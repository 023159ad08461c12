//! Whose a leaf is.
ghost use Rattle.std.specs.Prelude.{◌≡◌, ◌↔◌, ℕ, true, false, IsTrue, MatchOption, OnOk, IfErr, IfOk};
ghost use Rattle.std.specs.FinMap as map;
ghost use Rattle.std.specs.Option.{option_copied};
ghost use Rattle.mds_types.specs.Leaf.{leaf_of};
ghost use Rattle.fragtree.specs.FragTree.{CanSplit, RefusesSplit};
ghost use Rattle.inode_table.specs.Dirs.{IsLive, RefusesLeaves, is_known, leaves_of};
ghost use Rattle.namespace_ops.specs.Places.{IsAt, Locates};
ghost use Rattle.mdcache.specs.Core.{state_of};
ghost use Rattle.mdcache.specs.Shown.{shown_tree};
ghost use Rattle.ranked_tree.specs.Exported.{IsAnyFrozen, IsFrozenIn, IsUnder, held_in};
ghost use Rattle.ranked_tree.specs.Ranked.{IsFrozenLeaf, held_roots};
ghost use Rattle.ranked_tree.specs.Held.{IsOwned};
ghost use Rattle.ranked_tree.specs.Subtrees.{AllHave, AreRoots, HoldsAt, Inherits, Rules};

use crate::inside::{all_have, some_frozen};
use crate::ranked_tree::RankedTree;
use crate::regions::Regions;
use inode_table::LeafAt;
use mdcache::MdCache;
use mds_types::{Dirfrag, Frag, Ino, Rank, Refusal};
use namespace_ops::Located;
use objstore::Store;
use subtree_map::Subtrees;

impl<S: Store + Drop> RankedTree<S> {
    /// The authority of a leaf; none exactly where there is no such leaf. Takes no memory.
    pub fn authority(&self, dir: Ino, frag: Frag) -> Option<Rank>
        ensures { MatchOption result (IsLive self.now.tree.homes self.now.tree.covers (dir, frag) → ⊥)
            (λ rank. IsLive self.now.tree.homes self.now.tree.covers (dir, frag)
            × Rules (state_of self.now.tree) self.now.subtrees.roots (dir, frag) rank) }
    {
        authority_of(&self.tree, &self.regions.roots, dir, frag)
    }

    /// Whether a rank is the authority of a leaf. Takes no memory.
    pub fn is_authority(&self, rank: Rank, dir: Ino, frag: Frag) -> bool
        ensures { IsTrue result ↔ Rules (state_of self.now.tree) self.now.subtrees.roots (dir, frag) rank }
    {
        is_authority(&self.tree, &self.regions.roots, rank, dir, frag)
    }

    /// The rank that holds a leaf; none exactly where there is no such leaf. `rank` is asked first: it holds a leaf of
    /// which it has a place. Takes no memory, one search of the directory table, and for a leaf that the rank doesn't
    /// cache one more for each directory up to the nearest root.
    pub fn holder(&self, rank: Rank, dir: Ino, frag: Frag) -> Option<Rank>
        ensures { MatchOption result (IsLive self.now.tree.homes self.now.tree.covers (dir, frag) → ⊥)
            (λ holder. IsLive self.now.tree.homes self.now.tree.covers (dir, frag)
            × Rules (state_of self.now.tree) (held_roots self.now) (dir, frag) holder) }
    {
        holder_at(&self.tree, &self.regions, rank, dir, frag)
    }

    /// Whether a rank is the authority of a leaf, which another or the same holds: the one that holds it, unless an
    /// export stands. Takes no memory.
    pub fn has_authority(&self, at: &Dirfrag, rank: Rank) -> bool
        requires live { IsLive self.now.tree.homes self.now.tree.covers (leaf_of at.now) }
        requires held { HoldsAt (state_of self.now.tree) (held_roots self.now) at.now }
        ensures { IsTrue result ↔ Rules (state_of self.now.tree) self.now.subtrees.roots (leaf_of at.now) rank }
    {
        has_authority(&self.tree, &self.regions, at, rank)
    }

    /// Whether a leaf is frozen: it changes no more until the export of its region ends. Takes no memory.
    pub fn is_frozen(&self, dir: Ino, frag: Frag) -> bool
        ensures { IsTrue result ↔ IsFrozenLeaf self.now (dir, frag) }
    {
        is_frozen(&self.tree, &self.regions, dir, frag)
    }

    /// Whether a leaf of a directory that lies properly inside a fragment is frozen. Takes no memory.
    pub fn is_any_frozen(&self, dir: Ino, frag: Frag) -> bool
        ensures { IsTrue result ↔ IsAnyFrozen self.now.exports self.now.subtrees.roots self.now.tree.homes
            self.now.tree.covers dir frag }
    {
        is_any_frozen(&self.tree, &self.regions, dir, frag)
    }

    /// Whether a leaf lies in the region that another has once it is a subtree root. Takes no memory.
    pub fn is_under(&self, root: &(Ino, Frag), leaf: &(Ino, Frag)) -> bool
        ensures { IsTrue result ↔ IsUnder self.now.subtrees.roots self.now.tree.homes
            self.now.tree.covers root.now leaf.now }
    {
        is_under(&self.tree, &self.regions.roots, root, leaf)
    }

    /// The authority of a leaf that lies here: the rank that holds it, unless an export stands. Takes no memory.
    pub fn authority_at(&self, at: &Dirfrag) -> Rank
        requires at { (dir hash : ℕ) × IsAt (shown_tree (state_of self.now.tree)) self.now.tree.covers
            (HoldsAt (state_of self.now.tree) (held_roots self.now)) dir hash at.now }
        ensures { Rules (state_of self.now.tree) self.now.subtrees.roots (leaf_of at.now) result }
    {
        authority_at(&self.tree, &self.regions, at)
    }

    /// Whether no leaf of a directory can be frozen or have another authority than the leaf where the directory's name
    /// lies: no export stands, and no rank knows of a subtree root in it. Takes no memory, and no search of the directory
    /// table. It may be false of others too, whose leaves have to be asked one by one.
    pub fn inherits(&self, dir: Ino) -> bool
        ensures { result ≡ true → Inherits self.now.subtrees.roots self.now.exports dir }
    {
        inherits(&self.regions, dir)
    }

    /// Whether each leaf of a directory that lies properly inside a fragment has this rank as its authority. Takes no
    /// memory.
    pub fn is_all_of(&self, dir: Ino, frag: Frag, rank: Rank) -> bool
        ensures { IsTrue result ↔ AllHave self.now.tree.homes self.now.tree.covers
            self.now.subtrees.roots dir frag rank }
    {
        is_all_of(&self.tree, &self.regions.roots, dir, frag, rank)
    }
}

// The authority of a leaf; none exactly where there is no such leaf.
fn authority_of<S: Store + Drop>(
    tree: &MdCache<S>,
    roots: &Subtrees,
    dir: Ino,
    frag: Frag,
) -> Option<Rank>
    requires { AreRoots (state_of tree.now) roots.now.roots }
    ensures { MatchOption result (IsLive tree.now.homes tree.now.covers (dir, frag) → ⊥)
        (λ rank. IsLive tree.now.homes tree.now.covers (dir, frag)
        × Rules (state_of tree.now) roots.now.roots (dir, frag) rank) }
{
    // a leaf contains the hash that its value is, and no other leaf does
    match roots.locate(tree.dirs(), dir, frag.value()) {
        Some((leaf, rank)) if leaf == frag => Some(rank),
        _ => None,
    }
}

/// Where a hash falls in a directory: the leaf that it picks, and the rank that holds it; nowhere exactly where there
/// is no such directory. `rank` is asked first: it holds a leaf of which it has a place. Takes no memory, one search of
/// the directory table, and for a leaf that the rank doesn't cache one more for each directory up to the nearest root.
pub(crate) fn locate<S: Store + Drop>(
    tree: &MdCache<S>,
    regions: &Regions,
    rank: Rank,
    dir: Ino,
    hash: u32,
) -> Option<Located>
    requires { IsOwned tree.now (held_in regions.now) }
    ensures { Locates (shown_tree (state_of tree.now)) tree.now.covers
        (HoldsAt (state_of tree.now) (held_in regions.now)) dir.0 hash result }
{
    let dirs = tree.dirs();
    let Some(leaf) = dirs.leaf_at(dir, hash) else {
        return None;
    };
    let entries = leaf.entries;
    let at = held_leaf(tree, regions, rank, dir, leaf);
    Some(Located { at, entries })
}

// A leaf that was found, with the rank that holds it. `rank` is asked first.
fn held_leaf<S: Store + Drop>(
    tree: &MdCache<S>,
    regions: &Regions,
    rank: Rank,
    dir: Ino,
    leaf: LeafAt<'_>,
) -> Dirfrag
    requires owned { IsOwned tree.now (held_in regions.now) }
    requires live { IsLive tree.now.homes tree.now.covers (dir, leaf.frag) }
    requires home { option_copied leaf.home ≡ map.get tree.now.homes dir.0 }
    ensures held { HoldsAt (state_of tree.now) (held_in regions.now) result }
    ensures dir { result.dir ≡ dir }
    ensures frag { result.frag ≡ leaf.entry.frag }
{
    let frag = leaf.frag;
    let here = Dirfrag { dir, frag, rank };
    if tree.has_place(&here) {
        return here;
    }
    let rank = regions.holder_by(rank, tree.dirs(), (dir, frag), leaf.home);
    Dirfrag { dir, frag, rank }
}

/// The rank that holds a leaf; none exactly where there is no such leaf. `rank` is asked first.
pub(crate) fn holder_at<S: Store + Drop>(
    tree: &MdCache<S>,
    regions: &Regions,
    rank: Rank,
    dir: Ino,
    frag: Frag,
) -> Option<Rank>
    requires { IsOwned tree.now (held_in regions.now) }
    ensures { MatchOption result (IsLive tree.now.homes tree.now.covers (dir, frag) → ⊥)
        (λ holder. IsLive tree.now.homes tree.now.covers (dir, frag)
        × Rules (state_of tree.now) (held_in regions.now) (dir, frag) holder) }
{
    // a leaf contains the hash that its value is, and no other leaf does
    let Some(located) = locate(tree, regions, rank, dir, frag.value()) else {
        return None;
    };
    if located.at.frag != frag {
        return None;
    }
    Some(located.at.rank)
}

/// The rank that holds a leaf which can be split by so many bits. `rank` is asked first.
pub(crate) fn holder_to_split<S: Store + Drop>(
    tree: &MdCache<S>,
    regions: &Regions,
    rank: Rank,
    dir: Ino,
    frag: Frag,
    bits: u8,
) -> Result<Rank, Refusal>
    requires { IsOwned tree.now (held_in regions.now) }
    ensures known { OnOk result (is_known tree.now.homes dir.0 ≡ true) }
    ensures can { OnOk result (CanSplit (leaves_of tree.now.covers dir.0) frag bits) }
    ensures holder { IfOk result (Rules (state_of tree.now) (held_in regions.now) (dir, frag)) }
    ensures refused { IfErr result
        (RefusesLeaves (RefusesSplit (leaves_of tree.now.covers dir.0) frag bits) tree.now.homes dir) }
{
    let dirs = tree.dirs();
    let leaf = match dirs.check_split(dir, frag, bits) {
        Ok(leaf) => leaf,
        Err(refusal) => return Err(refusal),
    };
    let at = held_leaf(tree, regions, rank, dir, leaf);
    Ok(at.rank)
}

// Whether a rank is the authority of a leaf.
fn is_authority<S: Store + Drop>(
    tree: &MdCache<S>,
    roots: &Subtrees,
    rank: Rank,
    dir: Ino,
    frag: Frag,
) -> bool
    ensures { IsTrue result ↔ Rules (state_of tree.now) roots.now.roots (dir, frag) rank }
{
    roots.find_authority(tree.dirs(), dir, frag) == Some(rank)
}

// Whether a leaf lies in the region that another has once it is a root.
fn is_under<S: Store + Drop>(
    tree: &MdCache<S>,
    roots: &Subtrees,
    root: &(Ino, Frag),
    leaf: &(Ino, Frag),
) -> bool
    ensures { IsTrue result ↔ IsUnder roots.now.roots tree.now.homes tree.now.covers root.now leaf.now }
{
    roots.is_under(tree.dirs(), root, leaf)
}

// Whether a leaf is frozen.
fn is_frozen<S: Store + Drop>(tree: &MdCache<S>, regions: &Regions, dir: Ino, frag: Frag) -> bool
    ensures { IsTrue result ↔ IsFrozenIn (state_of tree.now) regions.now (dir, frag) }
{
    regions
        .exports
        .is_frozen(&regions.roots, tree.dirs(), dir, frag)
}

// Whether no export stands, and no rank knows of a root in a directory.
fn inherits(regions: &Regions, dir: Ino) -> bool
    ensures { result ≡ true → Inherits regions.now.roots.roots regions.now.exports dir }
{
    if regions.exports.len() != 0 {
        return false;
    }
    !regions.roots.knows_of(dir)
}

// Whether a leaf of a directory that lies properly inside a fragment is frozen.
fn is_any_frozen<S: Store + Drop>(
    tree: &MdCache<S>,
    regions: &Regions,
    dir: Ino,
    frag: Frag,
) -> bool
    ensures { IsTrue result ↔ IsAnyFrozen regions.now.exports regions.now.roots.roots
        tree.now.homes tree.now.covers dir frag }
{
    some_frozen(tree.dirs(), regions, dir, frag)
}

/// The authority of a leaf that lies here.
pub(crate) fn authority_at<S: Store + Drop>(
    tree: &MdCache<S>,
    regions: &Regions,
    at: &Dirfrag,
) -> Rank
    requires live { IsLive tree.now.homes tree.now.covers (leaf_of at.now) }
    requires valid { AreRoots (state_of tree.now) regions.now.roots.roots }
    requires held { HoldsAt (state_of tree.now) (held_in regions.now) at.now }
    ensures { Rules (state_of tree.now) regions.now.roots.roots (leaf_of at.now) result }
{
    if regions.exports.len() == 0 {
        return at.rank;
    }
    regions.roots.authority(tree.dirs(), at.dir, at.frag)
}

// Whether a rank is the authority of a leaf that is held so.
fn has_authority<S: Store + Drop>(
    tree: &MdCache<S>,
    regions: &Regions,
    at: &Dirfrag,
    rank: Rank,
) -> bool
    requires live { IsLive tree.now.homes tree.now.covers (leaf_of at.now) }
    requires valid { AreRoots (state_of tree.now) regions.now.roots.roots }
    requires held { HoldsAt (state_of tree.now) (held_in regions.now) at.now }
    ensures { IsTrue result ↔ Rules (state_of tree.now) regions.now.roots.roots (leaf_of at.now) rank }
{
    authority_at(tree, regions, at) == rank
}

// Whether each leaf of a directory that lies properly inside a fragment has this rank as its authority.
fn is_all_of<S: Store + Drop>(
    tree: &MdCache<S>,
    roots: &Subtrees,
    dir: Ino,
    frag: Frag,
    rank: Rank,
) -> bool
    requires valid { AreRoots (state_of tree.now) roots.now.roots }
    ensures { IsTrue result ↔ AllHave tree.now.homes tree.now.covers roots.now.roots dir frag rank }
{
    all_have(tree.dirs(), roots, dir, frag, rank)
}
────────────────────────────────────────
Sift the material for lines that include the word "CanSplit", and copy each one.

ghost use Rattle.fragtree.specs.FragTree.{CanSplit, RefusesSplit};
    ensures can { OnOk result (CanSplit (leaves_of tree.now.covers dir.0) frag bits) }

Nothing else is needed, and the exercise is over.